Our vet recommends serving a bland diet initially. This is rice and boiled chicken. If things didn't clear up soon, I'd take a stool sample in and see if that shows anything.

I wanted to add - once I bought Cookie some Wellness treats, and the next day I was greeted with quite a mess! She eats Wellness brand food, so I thought the treats would be OK. I don't even know if it was the treats that caused this, but I suppose it can happen.


----------



## Walnut_the_Nut (Jan 25, 2012)

My Big Kahuna said:


> I'm not an expert but I know that bully sticks CAN cause tummy upset....... How's the energy level? I'm gathering that the water and food intake has been fine........



Thanks for the reply. 
I forgot to mention that he's 10.5 weeks old. 

His energy levels are pretty much the same, although we haven't let him roam around the house because of the runs. But when we take him out, hes full of energy..running around, jumping, chasing invisible objects :doh:

Yes, he's drinking water and eating fine. My gf just gave him 2 tablespoon of yogurt mixed with 1 table spoon of his kibble. 

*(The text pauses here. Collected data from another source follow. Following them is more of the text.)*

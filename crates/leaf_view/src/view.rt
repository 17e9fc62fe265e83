//! A leaf, borrowed from its bytes.

use crate::ascent::skip_records;
use crate::done_list::DoneList;
use crate::done_rules::DoneRules;
use crate::head::head_at;
use crate::numbers::{Numbers, note};
use crate::record_rules::RecordRules;
use crate::records::Records;
use byte_format::{Stop, is_below, is_below_bound, is_same, skip_list};
use db_base::cursor::Cursor;
use db_base::ids::{ClientId, PageId};
use db_base::refusal::Refused;
use db_base::value::Value;
use std::alloc::Global;
use std::marker::Model;

/// Bytes that are in no leaf spelling.
#[derive(Clone, Copy, Debug, PartialEq, Eq)]
pub struct NotLeaf {
    /// The place of the first field that is cut short or breaks its rule, or that behind the last field.
    pub offset: u64,
}

/// A leaf of a B-link tree (Lehman and Yao, 1981), borrowed from the bytes that spell it.
#[derive(Drop)]
pub struct LeafView<'a> {
    format: u8,
    version: u64,
    low: &'a [u8],
    right: u64,
    high: Option<&'a [u8]>,
    done: &'a [u8],
    records: &'a [u8],
}

impl<'a> Model for LeafView<'a> {
    ghost use Rattle.std.specs.Prelude.{ℕ, List};
    ghost use Rattle.std.specs.Option.{option_copied};
    ghost use Rattle.leaf_view.specs.Leaf.{Leaf, head_of};
    ghost use Rattle.leaf_view.specs.Sound.{leaf_with, IsSound};

    ghost Value = { Leaf };

    ghost view = { λ v. leaf_with (head_of (v.format, (v.version, (v.low.now, (v.right, option_copied v.high))))) v.done.now v.records.now };

    ghost invariant = { λ v. IsSound (head_of (v.format, (v.version, (v.low.now, (v.right, option_copied v.high))))) v.done.now v.records.now };
}

impl<'a> LeafView<'a> {
    ghost use Rattle.std.specs.Prelude.{◌≡◌, ℕ, Ok, IfOk, IfErr, slice_index};
    ghost use Rattle.std.specs.Option.{option_copied};
    ghost use Rattle.byte_format.specs.Whole.{whole, offset};
    ghost use Rattle.byte_format.specs.Gives.{Gives};
    ghost use Rattle.leaf_view.specs.Leaf.{Leaf, IsLeaf, leaf};
    ghost use Rattle.leaf_view.specs.Fits.{IsWellFormed};
    ghost use Rattle.db_base.specs.Cursor.{number_of as cursor_number};
    ghost use Rattle.leaf_view.specs.Lookup.{holds, value_of, number_of, AreNumbers, page_at, empty_leaf};

    /// The leaf that the bytes spell, all of the bytes.
    pub fn read(bytes: &'a [u8]) -> Result<LeafView<'a>, NotLeaf>
        // What is read is spelled so.
        ensures found { IfOk result (λ v. IsLeaf bytes.now v) }
        // What is spelled so is read.
        ensures only { (l : Leaf) → IsLeaf bytes.now l → result ≡ Ok l }
        // Where the first fault is.
        ensures offset { IfErr result (λ e. e.offset ≡ offset leaf bytes.now) }
    {
        match LeafView::whole(bytes) {
            Ok(view) => Ok(view),
            Err(stop) => Err(NotLeaf {
                offset: stop.offset(bytes),
            }),
        }
    }

    fn whole(bytes: &'a [u8]) -> Result<LeafView<'a>, Stop>
        ensures { Gives (λ v. v) result (whole leaf bytes.now) }
    {
        let (head, done) = head_at(bytes)?;
        let records = skip_list(&DoneRules, true, done)?;
        let rules = RecordRules {
            format: head.format,
            low: head.low,
            high: head.high,
        };
        let rest = skip_records(&rules, records)?;
        if !rest.is_empty() {
            return Err(Stop::at(rest));
        }
        Ok(LeafView {
            format: head.format,
            version: head.version,
            low: head.low,
            right: head.right,
            high: head.high,
            done,
            records,
        })
    }

    /// The leaf of bytes that spell one: its records are not checked again. Takes no memory.
    pub fn known(bytes: &'a [u8]) -> LeafView<'a>
        requires { (l : Leaf) × IsLeaf bytes.now l }
        ensures { IsLeaf bytes.now result }
    {
        match LeafView::front(bytes) {
            Ok(view) => view,
            Err(_) => LeafView::empty(),
        }
    }

    /// The leaf of bytes that spell one, by its head and the table of what is done.
    fn front(bytes: &'a [u8]) -> Result<LeafView<'a>, Stop>
        requires { (l : Leaf) × IsLeaf bytes.now l }
        ensures { Gives (λ v. v) result (whole leaf bytes.now) }
    {
        let (head, done) = head_at(bytes)?;
        let records = skip_list(&DoneRules, true, done)?;
        Ok(LeafView {
            format: head.format,
            version: head.version,
            low: head.low,
            right: head.right,
            high: head.high,
            done,
            records,
        })
    }

    /// The page 1 that was never put: version 0, no fence, no table, no record.
    pub fn empty() -> LeafView<'a>
        ensures { result ≡ empty_leaf }
    {
        LeafView {
            format: 2,
            version: 0,
            low: &[],
            right: 0,
            high: None,
            done: &[0],
            records: &[0],
        }
    }

    /// The format: 1, whose records have no attribute, or 2.
    pub fn format(&self) -> u8
        ensures format { result ≡ self.now.format }
        ensures formed { IsWellFormed self.now }
    {
        let _ = &self.low;
        self.format
    }

    /// The version: 0 for the page that was never put.
    pub fn version(&self) -> u64
        ensures version { result ≡ self.now.version }
        ensures formed { IsWellFormed self.now }
    {
        let _ = &self.low;
        self.version
    }

    /// The low key: the least key of the leaf's range, empty at the left end.
    pub fn low(&self) -> &'a [u8]
        ensures low { result.now ≡ self.now.low }
        ensures formed { IsWellFormed self.now }
    {
        self.low
    }

    /// The high key: the keys of the leaf are below it.
    pub fn high(&self) -> Option<&'a [u8]>
        ensures high { option_copied result ≡ self.now.high }
        ensures formed { IsWellFormed self.now }
    {
        self.high
    }

    /// The page to the right, which is there exactly where there is a high key.
    pub fn right(&self) -> Option<PageId>
        ensures right { result ≡ page_at self.now.right }
        ensures formed { IsWellFormed self.now }
    {
        PageId::new(self.right).ok()
    }

    /// Whether the key is in the leaf's range.
    pub fn holds(&self, key: &[u8]) -> bool
        ensures { result ≡ holds self.now key.now }
    {
        !is_below(key, self.low) && is_below_bound(key, self.high)
    }

    /// The records, in key order.
    pub fn records(&self) -> Records<'a>
        ensures records { result ≡ self.now.records }
        ensures formed { IsWellFormed self.now }
    {
        Records::of(self.format, self.records)
    }

    /// The table of what is done, in order of queue and client.
    pub fn done_list(&self) -> DoneList<'a>
        ensures done { result ≡ self.now.done }
        ensures formed { IsWellFormed self.now }
    {
        DoneList::of(self.done)
    }

    /// The value of the record with this key.
    pub fn value(&self, key: &[u8]) -> Option<Value<'a>>
        ensures { result ≡ value_of key.now self.now.records }
    {
        let mut left = self.records();
        while let Some(((found, payload, attr), rest)) = left.split() {
            if is_same(found, key) {
                return Some(Value::with(payload, attr));
            }
            left = rest;
        }
        None
    }

    /// The number up to which the records of a queue and client are applied, 0 where none is.
    pub fn done(&self, queue: u64, client: ClientId) -> u64
        ensures { result ≡ number_of self.now.done queue client }
    {
        let mut left = self.done_list();
        while let Some((item, rest)) = left.split() {
            if item.queue == queue && item.client == client {
                return item.number;
            }
            left = rest;
        }
        0
    }

    /// What is done of a queue, by client. Takes no memory.
    pub fn numbers(&self, queue: u64) -> Numbers
        ensures { AreNumbers self.now.done queue (λ client. slice_index result client) }
    {
        let mut numbers = Numbers::new();
        let mut left = self.done_list();
        while let Some((item, rest)) = left.split() {
            numbers.note(queue, &item);
            left = rest;
        }
        numbers
    }

    /// What is done of a queue, as a cursor. Refused for memory alone.
    pub fn cursor(&self, alloc: Global, queue: u64) -> Result<Cursor, Refused>
        ensures ok { IfOk result (λ c. AreNumbers self.now.done queue (cursor_number c)) }
        ensures memory { IfErr result (λ e. e ≡ Refused.Memory) }
    {
        let mut cursor = Cursor::new(alloc);
        let mut left = self.done_list();
        while let Some((item, rest)) = left.split() {
            note(&mut cursor, queue, &item)?;
            left = rest;
        }
        Ok(cursor)
    }
}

Thankfully, he LOVES yogurt. 
She will also be boiling some plain chicken breast to feed him for dinner, again with Yogurt. 

Are we on the right track here? 

He was dewormed about a week ago, and our vet also gave him Bordetella because of puppy school. 

He going in again on Friday for his next scheduled deworming.


----------



## Walnut_the_Nut (Jan 25, 2012)

BriGuy said:


> This happened to Cookie several times, I think it is common for pups to have some diarrhea.
> 
> Our vet recommends serving a bland diet initially. This is rice and boiled chicken. If things didn't clear up soon, I'd take a stool sample in and see if that shows anything.
> 
> I wanted to add - once I bought Cookie some Wellness treats, and the next day I was greeted with quite a mess! She eats Wellness brand food, so I thought the treats would be OK. I don't even know if it was the treats that caused this, but I suppose it can happen.


We did suspect the treats too. This is what the trainer recommended for treats:









We have been using it daily for the past few days with no issues. 

Actually, not that I think of it, we introduced the Rollover and Bully stick on the same day. We bought both items from PetValue. 

I'll stop the treats too and see if that helps. :crossfing


----------



## My Big Kahuna (Dec 14, 2011)

You're doing everything I would be doing.... The fact that his energy level and food and water intake are still normal are good signs.... Diarrhea makes pups dehydrated so make sure you keep an eye on his water intake  However, I would like to say again that I am not an expert... Just a veteran dog owner lol...


----------



## Walnut_the_Nut (Jan 25, 2012)

We dropped off a stool sample at our Vet, and will get the results this afternoon. 

So last night, at around 11:30pm, Walnut still had bad diarrhea. We started to notice some blood in his poo and got really worried. We didn't want to wait for the results the next day, and took him to an emergency pet hospital. 

They checked his stool sample for Parvo first, then a series of other parasites. Everything came back negative, although the doc said there is still a chance that it's there - just not showing up. 

1 hour (and $300 later), he prescribed a white liquid to be given orally via needle-less syringe, once a day for 5 days. He said it was a dewormer which also attacks parasites like Giardia. 

We gave him his first dose as soon as we got home, and he still has bad diarreah this morning. Only thing we noticed is the color of the poo is lighter. 

Our own vet should be calling us with the stool sample results this afternoon...hopefully she will have some good news. :crossfing


----------



## My Big Kahuna (Dec 14, 2011)

Thanks for the update! I'm glad you didn't wait! You just never know!


----------



## Ada's Mom (Aug 24, 2011)

We just got over some diarrhea issues with Ada. It seems that she became allergic to chicken and even though she had done just fine with her food for the past 3 months, once we switched to a food that didn't contain chicken the diarrhea stopped. There wasn't any excessive itching or any hotspots that would have made me think allergy...just the diarrhea.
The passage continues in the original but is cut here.